Now it is very easy to calculate the shortest path between those two addresses based on length using networkx function shortest_path(). OSMnx provides very handy function to plot our result on top of the graph:

# Find shortest path (by distance)
import networkx as nx
route = nx.shortest_path(G, source_node, target_node, weight="length")
fig, ax = ox.plot_graph_route(G, route, route_linewidth=6, node_size=0, bgcolor='k')
_images/fdc88d641b2e16edfdc6d3a260c933c43d0de8f3e414ab9281c03ac22bd92794.png

That’s it! Following this approach it is easy to find shortest paths between selected locations.

You can read many more examples from OSMnx examples gallery.

Note

Although NetworkX is very easy to use, it tends to use quite a lot of memory and it is relatively slow with large networks. Hence, the default output graph for pyrosm is iGraph, which performs much better and consumes less memory.

Calculate the catchment areas of hospitals in Estonia with pyrosm + igraph#

Analyzing the catchment areas of specific services (such as hospitals) is a typical example where large scale spatial network analysis is used. In this example, we will see how pyrosm can be used together with igraph (+ a few other libraries) to conduct large scale network analysis and find the closest hospital for each building in (mainland) Estonia. The whole process should take less than 10 minutes with computer having 16GB of available RAM. The end result will look something like following:

Catchment areas of mainland hospitals in Estonia

Warning

As OpenStreetMap is a voluntarily maintained data source, the hospitals extracted from OSM might not be up-to-date and some of them might be missing or otherwise incorrect. The hospitals represented in this example can be of any kind (not resticted e.g. to acute care hospitals). Lastly, it would make more sense to assess the number of inhabitants instead of buildings (after all, it’s the people who need care, not the buildings). HOWEVER, the main purpose of this demo is just to give you an idea what can be done, not to make a scientific assessment of health care accessibility in Estonia.

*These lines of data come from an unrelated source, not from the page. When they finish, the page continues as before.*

//! Operations, cut into pieces.
ghost use Rattle.std.specs.Prelude.{◌≡◌, true, IfOk, IsTrue};
ghost use Rattle.op_pieces.specs.Cutting.{cut as cut_of, goes_on as goes_on_of, value_of as value_of_body};
ghost use Rattle.op_pieces.specs.Pieces.{end_of, is_piece, longer};

use crate::next::{is_next, value_of};
use crate::piece::Piece;
use fixed_numbers::limits::MAX_EDIT;
use op_model::Op;
use std::alloc::{AllocError, Global};

/// The pieces of operations: each goes on as long as it can, so that as few as can be make up the
/// list. An error is out of memory (1). Linear in the operations.
pub fn cut(alloc: Global, ops: &[Op]) -> Result<Vec<Piece>, AllocError>
    ensures { IfOk result (λ pieces. pieces.items ≡ cut_of ops.now) }
{
    let mut pieces = Vec::new(alloc);
    let [first, rest @ ..] = ops else {
        return Ok(pieces);
    };
    let mut open = Piece::single(alloc, first.copy()?);
    let mut last = first;
    for op in rest {
        if goes_on(&open, last, op) {
            open.grow(value_of(&op.body))?;
        } else {
            pieces.push(open)?;
            open = Piece::single(alloc, op.copy()?);
        }
        last = op;
    }
    pieces.push(open)?;
    Ok(pieces)
}

/// Whether a piece, whose last operation is this one, can have one more.
pub(crate) fn goes_on(piece: &Piece, last: &Op, op: &Op) -> bool
    requires { end_of piece.now ≡ last.now }
    ensures test { result ≡ goes_on_of piece.now last.now op.now }
    ensures valid { IsTrue result
        → is_piece (longer piece.now (value_of_body op.now.body)) ≡ true }
{
    // From these the proof has that counter and deps are in range.
    let _counter = op.id.counter();
    let _entries = op.deps.entries();
    piece.others().len() + 1 < MAX_EDIT && is_next(last, op)
}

If you find a mistake in the OSM data, please contribute and make it better by suggesting an edit at www.openstreetmap.org/

  • Let’s start by defining a few helper functions for our analysis:

from pyrosm import OSM, get_data
import geopandas as gpd
import pandas as pd
from sklearn.neighbors import BallTree
import numpy as np
import mapclassify as mc
import matplotlib.pyplot as plt
import time

def get_igraph_nodes(G):
    """Retrieves a frame from nodes of the igaph"""
    attributes = G.vs.attribute_names()
    if len(attributes) == 0:
        raise ValueError("Nodes does not have data.")
    data = {name: G.vs[name] for name in attributes}
    if "geometry" in attributes:
        return gpd.GeoDataFrame(data, 
                                geometry="geometry", 
                                crs="epsg:4326")
    return pd.DataFrame(data)

def get_nearest(src_points, candidates, k_neighbors=1):
    """Find nearest neighbors for all source points from a set of candidate points"""
    tree = BallTree(candidates, leaf_size=15, metric='haversine')
    distances, indices = tree.query(src_points, k=k_neighbors)
    distances = distances.transpose()
    indices = indices.transpose()
    closest = indices[0]
    closest_dist = distances[0]
    return (closest, closest_dist)

def nearest_neighbor(left_gdf, right_gdf, return_dist=False):
    """
    For each point in left_gdf, find closest point in right GeoDataFrame and return them.
    
    For further info, take a look this lesson: 
        https://autogis-site.readthedocs.io/en/latest/notebooks/L3/06_nearest-neighbor-faster.html
    """
    left_geom_col = left_gdf.geometry.name
    right_geom_col = right_gdf.geometry.name
    right = right_gdf.copy().reset_index(drop=True)
    left_radians = np.array(left_gdf[left_geom_col].apply(lambda geom: 
                                                          (geom.x * np.pi / 180, geom.y * np.pi / 180)
                                                         ).to_list())
    right_radians = np.array(right[right_geom_col].apply(lambda geom: 
                                                         (geom.x * np.pi / 180, geom.y * np.pi / 180)
                                                        ).to_list())
    closest, dist = get_nearest(src_points=left_radians, candidates=right_radians)
    closest_points = right.loc[closest]
    closest_points = closest_points.reset_index(drop=True)
    if return_dist:
        earth_radius = 6371000  # meters
        closest_points['distance'] = dist * earth_radius
    return closest_points

def find_nearest_nodeids(nodes, src_gdf):
    """Finds the nearest node-ids for all points in 'src_gdf'."""
    nearest = nearest_neighbor(src_gdf, nodes, return_dist=True)
    return list(set(nearest["node_id"].values)), nearest["distance"].values
  • Retrieve the network, buildings and hospitals for Estonia:

# Get the data
osm = OSM(get_data("estonia"))
nodes, edges = osm.get_network(nodes=True, network_type="driving")
hospitals = osm.get_pois({"amenity": ["hospital"]})
buildings = osm.get_buildings()

# Track the number of buildings
building_cnt = len(buildings)
  • Create the directed graph for Estonia:

# Create graph
G = osm.to_graph(nodes, edges)
  • Get nodes from the graph

    • This step needs to be done because some of the nodes originally parsed from the street network are likely to be dropped out when the graph is generated (because unconnected edges are removed). Note: you can keep the whole network by specifying retain_all=True when calling to_graph().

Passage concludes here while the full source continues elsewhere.